Risks and Uncertainties
The Company’s sole objective is to identify a satisfactory QT. The closing of any proposed Qualifying Transaction is subject to a number of terms and conditions, including completion of due diligence procedures by parties to the transaction and receipt of all required regulatory approvals, and there is no assurance that a transaction will be completed. If the Company does not complete a QT within the time permitted by the Exchange, its common shares could be delisted.
Capital Management
The Company’s objective when managing capital is to maintain its ability to continue as a going concern, in order to provide returns for the shareholders and benefits for other stakeholders. The Company includes equity, comprised of issued common shares, in the definition of capital.

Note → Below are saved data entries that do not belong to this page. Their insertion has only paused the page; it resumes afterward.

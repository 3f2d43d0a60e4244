//! What a reply says of its request, and the byte that says it.
ghost use Rattle.std.specs.Prelude.{◌≡◌, false, IsTrue, IfSome, IfNone};

use crate::header::max_value_len;

/// What a reply says of its request.
#[derive(Clone, Copy, PartialEq, Eq)]
pub enum Status {
    Hit,
    Miss,
    Stored,
    Deleted,
    Absent,
    FullSpare,
    FullBlock,
    Worn,
    /// The datagram is no batch. Of version 1.
    BadBatch,
    /// A hit of a value that is too long for the version.
    LongHit,
    /// Of version 2.
    Exists,
    /// Of version 2.
    Touched,
}

impl Status {
    ghost use Rattle.batch_packets.specs.ReplyGrammar.{status_byte, is_status, longest_value};

    #[tactic(auto, unfolding(crate::specs::ReplyGrammar::status_byte))]
    pub(crate) fn of(version: u8, byte: u8) -> Option<Status>
        ensures known { IfSome result (λ status. byte ≡ status_byte status) }
        ensures has { IfSome result (λ status. IsTrue (is_status version byte)) }
        ensures unknown { IfNone result (is_status version byte ≡ false) }
    {
        match byte {
            0 => Some(Status::Hit),
            1 => Some(Status::Miss),
            2 => Some(Status::Stored),
            3 => Some(Status::Deleted),
            4 => Some(Status::Absent),
            5 => Some(Status::FullSpare),
            6 => Some(Status::FullBlock),
            7 => Some(Status::Worn),
            9 if version == 1 => Some(Status::BadBatch),
            10 => Some(Status::LongHit),
            11 if version == 2 => Some(Status::Exists),
            12 if version == 2 => Some(Status::Touched),
            _ => None,
        }
    }

    /// Whether a version has this status.
    #[tactic(auto, unfolding(crate::specs::ReplyGrammar::status_byte))]
    pub(crate) fn is_of(self, version: u8) -> bool
        ensures { result ≡ is_status version (status_byte self) }
    {
        match self {
            Status::BadBatch => version == 1,
            Status::Exists | Status::Touched => version == 2,
            _ => true,
        }
    }

    #[tactic(auto, unfolding(crate::specs::ReplyGrammar::status_byte))]
    pub(crate) fn byte(self) -> u8
        ensures { result ≡ status_byte self }
    {
        match self {
            Status::Hit => 0,
            Status::Miss => 1,
            Status::Stored => 2,
            Status::Deleted => 3,
            Status::Absent => 4,
            Status::FullSpare => 5,
            Status::FullBlock => 6,
            Status::Worn => 7,
            Status::BadBatch => 9,
            Status::LongHit => 10,
            Status::Exists => 11,
            Status::Touched => 12,
        }
    }

    /// The most bytes of a value under this status: a hit alone has one.
    #[tactic(auto, unfolding(crate::specs::ReplyGrammar::status_byte))]
    pub(crate) fn longest_value(self, version: u8) -> usize
        ensures { result ≡ longest_value version (status_byte self) }
    {
        match self {
            Status::Hit => max_value_len(version),
            _ => 0,
        }
    }
}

The Company’s primary objective, with respect to its capital management, is to ensure that it has sufficient cash resources to fund the identification and evaluation of potential acquisitions. To secure the additional capital necessary to pursue these plans, the Company may attempt to raise additional funds through the issuance of equity or by securing strategic partners.
The proceeds raised from the issuance of common shares may only be used to identify and evaluate assets or businesses for future investment, with the exception that not more than the lesser of 30% of the gross proceeds from the issuance of shares or $146,100 may be used to cover prescribed costs of issuing the common shares or administrative and general expenses of the Company. These restrictions apply until completion of a QT by the Company as defined under the Policies.
4
Risk Disclosures and Fair Values
The Company’s financial instruments, consisting of cash, funds held in trust, and accounts payable and accrued liabilities, approximate fair value due to the relatively short‐term maturities of the instruments. It is management’s opinion that the Company is not exposed to significant interest, currency or credit risks arising from these financial instruments.
Critical Accounting Estimates
These financial statements have been prepared in accordance with International Financial Reporting Standards (“IFRS”) issued by the International Accounting Standards Board and interpretations of the International Financial Reporting Interpretations Committee as at the reporting date.
The Company’s significant accounting policies are summarized in Note 3 of the audited financial statements for the period ended December 31, 2019.
Subsequent Event
The Company’s operations could be significantly adversely affected by the effects of a widespread global outbreak of a contagious disease, including the recent outbreak of respiratory illness caused by COVID‐ 19. The Company cannot accurately predict the impact COVID‐19 will have on its operations and the ability of others to meet their obligations with the Company, including uncertainties relating to the ultimate geographic spread of the virus, the severity of the disease, the duration of the outbreak, and the length of travel and quarantine restrictions imposed by governments of affected countries. In addition, a significant outbreak of contagious diseases in the human population could result in a widespread health crisis that could adversely affect the economies and financial markets of many countries, resulting in an economic downturn that could further affect the Company’s operations and ability to complete the QT or finance its operations.
Future Changes in Accounting Policies
The future changes in accounting policies are summarized in Note 2 of the condensed interim unaudited financial statements for the period ended June 30, 2020.
Additional Information
Additional information about the Company can also be found on SEDAR at www.sedar.com.